Reposition settings, plugins, command etc. window alignment

Working with Obsidian stretched open on two monitors is a real pain because important things like settings, the command palette (is that what it’s called?) and plugins windows all appear split between both monitors. Sometimes it’s not too bad when the monitors are side-by side but in other arrangements it’s a big annoyance.

I’ve managed to manually hack a few of these with snippets but thought it might be doable via a plugin. Has anyone thought of that yet? Here’s my (very hacky) css snippet I tried to make for the settings window… maybe someone will have some input on this or help clean it up haha. I haven’t tried the command palette or plugins window yet because this took way to long already and I’ve got to move on.

(note: the below code also makes the window resizable to some extent and increases the height of the window (I’m not sure why so many themes make this small to begin with).

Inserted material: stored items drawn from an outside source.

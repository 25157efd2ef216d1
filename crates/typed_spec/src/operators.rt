// Nodes of operators over operands that are placed.
ghost use Rattle.std.specs.Prelude.{◌≡◌, ◌<◌, ◌≤◌, ℕ, List, [], ◌∷◌, length, IfOk};
ghost use Rattle.spec_text.specs.declared.surface.Expr.TheOpen.{Expr-F};
ghost use Rattle.type_check.specs.Judged.{Scope as Names};
ghost use Rattle.type_check.specs.Standing.{IsDistinct};
ghost use Rattle.typed_spec.specs.declared.arena.Arena.{Arena as ArenaValue};
ghost use Rattle.typed_text.specs.ReadSpec.{Numbers as Order, Read, read_step};
ghost use Rattle.typed_spec.specs.Made.{Makes};
ghost use Rattle.typed_spec.specs.Texts.{StandsFor};

use crate::arena::{Arena, Operand};
use crate::text::Text;
use crate::types::{cast, choice, index, integer, one, scalar_of, shifted, truths, two};
use spec_text::TypeForm;
use std::alloc::AllocError;
use stream_core::Node;
use stream_types::{Dir, Op1, Op2};

pub fn un(arena: &mut Arena, at: u64, op: Op1, a: Operand) -> Result<Operand, AllocError>
    requires a { a.id < length arena.old.spec.nodes }
    ensures within { IfOk result (λ o. o.id < length arena.new.spec.nodes) }
    ensures size { length arena.old.spec.nodes ≤ length arena.new.spec.nodes }
    ensures others { arena.new.spec ≡ record arena.old.spec { nodes = arena.new.spec.nodes } }
    ensures forms { length arena.old.forms.items ≤ length arena.new.forms.items }
    ensures made { (names : List (List ℕ)) (s : Names) (n : Order) (start : ArenaValue) (p : Read) → IsDistinct names
        → Makes names start arena.old (a ∷ []) (p ∷ [])
        → IfOk result (λ o. Makes names start arena.new (o ∷ []) (read_step n s (Expr-F.Un at op p) ∷ [])) }
{
    let ty = one(at, op, a.ty);
    let id = arena.put(Node::Un(op, scalar_of(a.ty), a.id))?;
    Ok(Operand { id, ty })
}

pub fn bin(
    arena: &mut Arena,
    at: u64,
    op: Op2,
    a: Operand,
    b: Operand,
) -> Result<Operand, AllocError>
    requires a { a.id < length arena.old.spec.nodes }
    requires b { b.id < length arena.old.spec.nodes }
    ensures within { IfOk result (λ o. o.id < length arena.new.spec.nodes) }
    ensures size { length arena.old.spec.nodes ≤ length arena.new.spec.nodes }
    ensures others { arena.new.spec ≡ record arena.old.spec { nodes = arena.new.spec.nodes } }
    ensures forms { length arena.old.forms.items ≤ length arena.new.forms.items }
    ensures made { (names : List (List ℕ)) (s : Names) (n : Order) (start mid : ArenaValue) (p q : Read) → IsDistinct names
        → Makes names start mid (a ∷ []) (p ∷ []) → Makes names mid arena.old (b ∷ []) (q ∷ [])
        → IfOk result (λ o. Makes names start arena.new (o ∷ []) (read_step n s (Expr-F.Bin at op p q) ∷ [])) }
{
    let ty = two(at, op, a.ty, b.ty);
    let id = arena.put(Node::Bin(op, scalar_of(a.ty), a.id, b.id))?;
    Ok(Operand { id, ty })
}

pub fn shift(
    arena: &mut Arena,
    at: u64,
    dir: Dir,
    a: Operand,
    count: Operand,
) -> Result<Operand, AllocError>
    requires a { a.id < length arena.old.spec.nodes }
    requires count { count.id < length arena.old.spec.nodes }
    ensures within { IfOk result (λ o. o.id < length arena.new.spec.nodes) }
    ensures size { length arena.old.spec.nodes ≤ length arena.new.spec.nodes }
    ensures others { arena.new.spec ≡ record arena.old.spec { nodes = arena.new.spec.nodes } }
    ensures forms { length arena.old.forms.items ≤ length arena.new.forms.items }
    ensures made { (names : List (List ℕ)) (s : Names) (n : Order) (start mid : ArenaValue) (p q : Read) → IsDistinct names
        → Makes names start mid (a ∷ []) (p ∷ []) → Makes names mid arena.old (count ∷ []) (q ∷ [])
        → IfOk result (λ o. Makes names start arena.new (o ∷ []) (read_step n s (Expr-F.Shift at dir p q) ∷ [])) }
{
    let ty = shifted(at, a.ty, count.ty);
    let node = Node::Shift {
        dir,
        ty: scalar_of(a.ty),
        a: a.id,
        cty: scalar_of(count.ty),
        count: count.id,
    };
    let id = arena.put(node)?;
    Ok(Operand { id, ty })
}

pub fn and(arena: &mut Arena, at: u64, a: Operand, b: Operand) -> Result<Operand, AllocError>
    requires a { a.id < length arena.old.spec.nodes }
    requires b { b.id < length arena.old.spec.nodes }
    ensures within { IfOk result (λ o. o.id < length arena.new.spec.nodes) }
    ensures size { length arena.old.spec.nodes ≤ length arena.new.spec.nodes }
    ensures others { arena.new.spec ≡ record arena.old.spec { nodes = arena.new.spec.nodes } }
    ensures forms { length arena.old.forms.items ≤ length arena.new.forms.items }
    ensures made { (names : List (List ℕ)) (s : Names) (n : Order) (start mid : ArenaValue) (p q : Read) → IsDistinct names
        → Makes names start mid (a ∷ []) (p ∷ []) → Makes names mid arena.old (b ∷ []) (q ∷ [])
        → IfOk result (λ o. Makes names start arena.new (o ∷ []) (read_step n s (Expr-F.And at p q) ∷ [])) }
{
    let ty = truths(at, a.ty, b.ty);
    let id = arena.put(Node::And(a.id, b.id))?;
    Ok(Operand { id, ty })
}

pub fn or(arena: &mut Arena, at: u64, a: Operand, b: Operand) -> Result<Operand, AllocError>
    requires a { a.id < length arena.old.spec.nodes }
    requires b { b.id < length arena.old.spec.nodes }
    ensures within { IfOk result (λ o. o.id < length arena.new.spec.nodes) }
    ensures size { length arena.old.spec.nodes ≤ length arena.new.spec.nodes }
    ensures others { arena.new.spec ≡ record arena.old.spec { nodes = arena.new.spec.nodes } }
    ensures forms { length arena.old.forms.items ≤ length arena.new.forms.items }
    ensures made { (names : List (List ℕ)) (s : Names) (n : Order) (start mid : ArenaValue) (p q : Read) → IsDistinct names
        → Makes names start mid (a ∷ []) (p ∷ []) → Makes names mid arena.old (b ∷ []) (q ∷ [])
        → IfOk result (λ o. Makes names start arena.new (o ∷ []) (read_step n s (Expr-F.Or at p q) ∷ [])) }
{
    let ty = truths(at, a.ty, b.ty);
    let id = arena.put(Node::Or(a.id, b.id))?;
    Ok(Operand { id, ty })
}

pub fn implies(arena: &mut Arena, at: u64, a: Operand, b: Operand) -> Result<Operand, AllocError>
    requires a { a.id < length arena.old.spec.nodes }
    requires b { b.id < length arena.old.spec.nodes }
    ensures within { IfOk result (λ o. o.id < length arena.new.spec.nodes) }
    ensures size { length arena.old.spec.nodes ≤ length arena.new.spec.nodes }
    ensures others { arena.new.spec ≡ record arena.old.spec { nodes = arena.new.spec.nodes } }
    ensures forms { length arena.old.forms.items ≤ length arena.new.forms.items }
    ensures made { (names : List (List ℕ)) (s : Names) (n : Order) (start mid : ArenaValue) (p q : Read) → IsDistinct names
        → Makes names start mid (a ∷ []) (p ∷ []) → Makes names mid arena.old (b ∷ []) (q ∷ [])
        → IfOk result (λ o. Makes names start arena.new (o ∷ []) (read_step n s (Expr-F.Implies at p q) ∷ [])) }
{
    let ty = truths(at, a.ty, b.ty);
    let id = arena.put(Node::Implies(a.id, b.id))?;
    Ok(Operand { id, ty })
}

pub fn choose(
    arena: &mut Arena,
    at: u64,
    c: Operand,
    a: Operand,
    b: Operand,
) -> Result<Operand, AllocError>
    requires c { c.id < length arena.old.spec.nodes }
    requires a { a.id < length arena.old.spec.nodes }
    requires b { b.id < length arena.old.spec.nodes }
    ensures within { IfOk result (λ o. o.id < length arena.new.spec.nodes) }
    ensures size { length arena.old.spec.nodes ≤ length arena.new.spec.nodes }
    ensures others { arena.new.spec ≡ record arena.old.spec { nodes = arena.new.spec.nodes } }
    ensures forms { length arena.old.forms.items ≤ length arena.new.forms.items }
    ensures made { (names : List (List ℕ)) (s : Names) (n : Order) (start mid late : ArenaValue) (p q r : Read) → IsDistinct names
        → Makes names start mid (c ∷ []) (p ∷ []) → Makes names mid late (a ∷ []) (q ∷ []) → Makes names late arena.old (b ∷ []) (r ∷ [])
        → IfOk result (λ o. Makes names start arena.new (o ∷ []) (read_step n s (Expr-F.If at p q r) ∷ [])) }
{
    let ty = choice(at, c.ty, a.ty, b.ty);
    let id = arena.put(Node::If(c.id, a.id, b.id))?;
    Ok(Operand { id, ty })
}

pub fn convert(
    text: &Text,
    arena: &mut Arena,
    at: u64,
    to: &TypeForm,
    a: Operand,
) -> Result<Operand, AllocError>
    requires a { a.id < length arena.old.spec.nodes }
    ensures within { IfOk result (λ o. o.id < length arena.new.spec.nodes) }
    ensures size { length arena.old.spec.nodes ≤ length arena.new.spec.nodes }
    ensures others { arena.new.spec ≡ record arena.old.spec { nodes = arena.new.spec.nodes } }
    ensures forms { length arena.old.forms.items ≤ length arena.new.forms.items }
    ensures made { (names : List (List ℕ)) (s : Names) (n : Order) (start : ArenaValue) (p : Read) → StandsFor names s n text.now
        → Makes names start arena.old (a ∷ []) (p ∷ [])
        → IfOk result (λ o. Makes names start arena.new (o ∷ []) (read_step n s (Expr-F.Cast at to.now p) ∷ [])) }
{
    let ty = cast(at, text.written(to), a.ty);
    let node = Node::Cast {
        from: scalar_of(a.ty),
        to: scalar_of(ty),
        a: a.id,
    };
    let id = arena.put(node)?;
    Ok(Operand { id, ty })
}

pub fn abs(arena: &mut Arena, at: u64, a: Operand) -> Result<Operand, AllocError>
    requires a { a.id < length arena.old.spec.nodes }
    ensures within { IfOk result (λ o. o.id < length arena.new.spec.nodes) }
    ensures size { length arena.old.spec.nodes ≤ length arena.new.spec.nodes }
    ensures others { arena.new.spec ≡ record arena.old.spec { nodes = arena.new.spec.nodes } }
    ensures forms { length arena.old.forms.items ≤ length arena.new.forms.items }
    ensures made { (names : List (List ℕ)) (s : Names) (n : Order) (start : ArenaValue) (p : Read) → IsDistinct names
        → Makes names start arena.old (a ∷ []) (p ∷ [])
        → IfOk result (λ o. Makes names start arena.new (o ∷ []) (read_step n s (Expr-F.Abs at p) ∷ [])) }
{
    let ty = integer(at, a.ty);
    let id = arena.put(Node::Abs(scalar_of(a.ty), a.id))?;
    Ok(Operand { id, ty })
}

pub fn sign(arena: &mut Arena, at: u64, a: Operand) -> Result<Operand, AllocError>
    requires a { a.id < length arena.old.spec.nodes }
    ensures within { IfOk result (λ o. o.id < length arena.new.spec.nodes) }
    ensures size { length arena.old.spec.nodes ≤ length arena.new.spec.nodes }
    ensures others { arena.new.spec ≡ record arena.old.spec { nodes = arena.new.spec.nodes } }
    ensures forms { length arena.old.forms.items ≤ length arena.new.forms.items }
    ensures made { (names : List (List ℕ)) (s : Names) (n : Order) (start : ArenaValue) (p : Read) → IsDistinct names
        → Makes names start arena.old (a ∷ []) (p ∷ [])
        → IfOk result (λ o. Makes names start arena.new (o ∷ []) (read_step n s (Expr-F.Sign at p) ∷ [])) }
{
    let ty = integer(at, a.ty);
    let id = arena.put(Node::Sign(scalar_of(a.ty), a.id))?;
    Ok(Operand { id, ty })
}

/// An element of an array.
pub fn element(
    text: &Text,
    arena: &mut Arena,
    at: u64,
    a: Operand,
    i: Operand,
) -> Result<Operand, AllocError>
    requires a { a.id < length arena.old.spec.nodes }
    requires i { i.id < length arena.old.spec.nodes }
    ensures within { IfOk result (λ o. o.id < length arena.new.spec.nodes) }
    ensures size { length arena.old.spec.nodes ≤ length arena.new.spec.nodes }
    ensures others { arena.new.spec ≡ record arena.old.spec { nodes = arena.new.spec.nodes } }
    ensures forms { length arena.old.forms.items ≤ length arena.new.forms.items }
    ensures made { (names : List (List ℕ)) (s : Names) (n : Order) (start mid : ArenaValue) (p q : Read) → StandsFor names s n text.now
        → Makes names start mid (a ∷ []) (p ∷ []) → Makes names mid arena.old (i ∷ []) (q ∷ [])
        → IfOk result (λ o. Makes names start arena.new (o ∷ []) (read_step n s (Expr-F.Index at p q) ∷ [])) }
{
    let ty = index(at, a.ty, i.ty);
    let id = arena.put(Node::Index(text.ty(a.ty), a.id, i.id))?;
    Ok(Operand { id, ty })
}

.modal.mod-settings, .modal.mod-settings .vertical-tab-container{
	position: absolute;
	top: 50px;
	left: 100px!important;
    width: clamp(200px, 60vw, 1920px);
    min-height: 20vh;
    height: 90vh!important;
    max-height: 90vh;
    border-radius: var(--scale-2-8);
    overflow-y: hidden;
    border: 1px solid var(--background-modifier-border);
    resize:both;
    }

.modal-content {height: 90vh!important}

.vertical-tabs-container {max-height: 90vh!important}

.theme-dark .modal .modal-content .vertical-tab-header, .theme-dark .modal .modal-content .vertical-tab-content-container .vertical-tab-content{
	height: 90vh!important;
}


.modal.mod-settings .vertical-tab-content-container{
	height: 90vh!important;
}
.vertical-tab-header {height: 90vh!important}

.vertical-tab-header-group {max-height: 90vh!important}

One feature I’d really like to see for these kinds of UI elements is making them draggable, with something like

dragElement(document.getElementByID("modal.mod-settings"));

function dragElement(elmnt) {
  var pos1 = 0, pos2 = 0, pos3 = 0, pos4 = 0;
  if (document.getElementById(elmnt.id + "header")) {
    // if present, the header is where you move the DIV from:
    document.getElementById(elmnt.id + "header").onmousedown = dragMouseDown;
  } else {
    // otherwise, move the DIV from anywhere inside the DIV:
    elmnt.onmousedown = dragMouseDown;
  }

  function dragMouseDown(e) {
    e = e || window.event;
    e.preventDefault();
    // get the mouse cursor position at startup:
    pos3 = e.clientX;
    pos4 = e.clientY;
    document.onmouseup = closeDragElement;
    // call a function whenever the cursor moves:
    document.onmousemove = elementDrag;
  }

  function elementDrag(e) {
    e = e || window.event;
    e.preventDefault();
    // calculate the new cursor position:
    pos1 = pos3 - e.clientX;
    pos2 = pos4 - e.clientY;
    pos3 = e.clientX;
    pos4 = e.clientY;
    // set the element's new position:
    elmnt.style.top = (elmnt.offsetTop - pos2) + "px";
    elmnt.style.left = (elmnt.offsetLeft - pos1) + "px";
  }

  function closeDragElement() {
    // stop moving when mouse button is released:
    document.onmouseup = null;
    document.onmousemove = null;
  }
}

But I don’t know how to… inject that into Obsidian. I can vaguely understand JS on a superficial level but really don’t know what I’m doing, just messing with code I found online.

Otherwise some kind of setting to adjust the default alignment of the window would be great.